6. Shape prompts for the actual surface.
   Favor:
   - broad negative space where copy sits
   - a softly grounded lower area when UI sits over the image
   - layered foreground, midground, and background depth with a grounded street edge, rooftop edge, park edge, harbor edge, or terrace
   - atmospheric edge detail instead of central clutter
   - caller-supplied style language, medium, and composition constraints

   Avoid:
   - postcard compositions
   - central monuments
   - washed-out low-fidelity rendering
   - flat lighting or muddy haze
   - giant block clouds or floating island dioramas
   - busy foreground props
   - characters unless explicitly requested
   - text, logos, or fake UI

7. Render every requested image through `$nano-banana-pro`.
   Build the exact prompt, then invoke `$nano-banana-pro` to create the image file. If the user supplied reference images, pass them through. If multiple variants are requested, render each one and save each file.

## Boundaries

- Default to generating a finished image file, not just text.
- Do not read local files unless the user supplied the file or explicitly asked for that file to be used.
- Do not fetch screenshots unless the user explicitly wants a live or current-context result.
- Use only `$nano-banana-pro` for rendering.
- Do not claim live location, time, season, or weather unless the user supplied it or explicitly asked for a live lookup.
- Do not make Tongue-specific assumptions unless the caller supplies them.
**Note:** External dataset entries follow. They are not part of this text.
// Values, and lines of three fields, at a position of a text.

ghost use Rattle.std.specs.Prelude.{◌≡◌, drop};
ghost use Rattle.market.specs.Fields.{value, value_field, fields};
ghost use Rattle.scan.specs.Code.Positions.{value_at, fields_at};

use crate::classes::{LINE_END, SIGN, SPACE, class_at, class_of};
use crate::numbers::{read_field, read_number, skip_spaces};

// The value at a position: a number that may carry a sign, and no `-0`; and the position after it.
fn read_value(s: &[u8], at: usize) -> Option<(i64, usize)>
    ensures { result ≡ value_at at (value (drop at s.now)) }
{
    if s.len() <= at {
        return None;
    }
    let b = s[at];
    if class_of(b) == SIGN {
        let (v, p) = read_number(s, at + 1)?;
        if v == 0 {
            return None;
        }
        let m = v as i64;
        return Some((0 - m, p));
    }
    let (w, q) = read_number(s, at)?;
    Some((w as i64, q))
}

// One or more spaces and a value at a position, and the position after it. One function for this and `read_field` would
// take what is read as a closure, with what it promises, which is no plainer than these two lines.
fn read_value_field(s: &[u8], at: usize) -> Option<(i64, usize)>
    ensures { result ≡ value_at at (value_field (drop at s.now)) }
{
    if class_at(s, at) != SPACE {
        return None;
    }
    read_value(s, skip_spaces(s, at + 1))
}

// A line's three fields and the position of the next line.
#[derive(Clone, Copy)]
pub struct Line {
    pub row: u64,
    pub column: u64,
    pub value: i64,
    pub next: usize,
}

// The line at a position, unless it breaks the form.
pub fn read_line(s: &[u8], at: usize) -> Option<Line>
    ensures { result ≡ fields_at at (fields (drop at s.now)) }
{
    let (row, p) = read_number(s, at)?;
    let (column, q) = read_field(s, p)?;
    let (value, e) = read_value_field(s, q)?;
    if s.len() <= e {
        return None;
    }
    let z = s[e];
    if class_of(z) != LINE_END {
        return None;
    }
    Some(Line {
        row,
        column,
        value,
        next: e + 1,
    })
}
8. Review like a product designer.
   Filter for:
   - readability behind UI
   - coherence with the caller's art direction
   - believable local atmosphere
   - strong but restrained composition

## Prompt Rules

Use prompt phrases like:

- `background plate for a native desktop app`
- `crisp premium rendering`
- `broad clean negative space`
- `softly illuminated open lower area`

If using a landmark, explicitly say it is:

- `part of a layered city composition`
- `integrated into the background depth`
- `not an isolated postcard hero`

## Output

For every run, provide:

1. the short rationale for each rendered option
2. the exact prompt used
3. the saved file path for each generated image
4. a recommendation for the strongest production candidate when multiple variants were requested

## References

Read [references/prompt-patterns.md](references/prompt-patterns.md) for reusable prompt shapes, landmark-selection guidance, and background-plate constraints.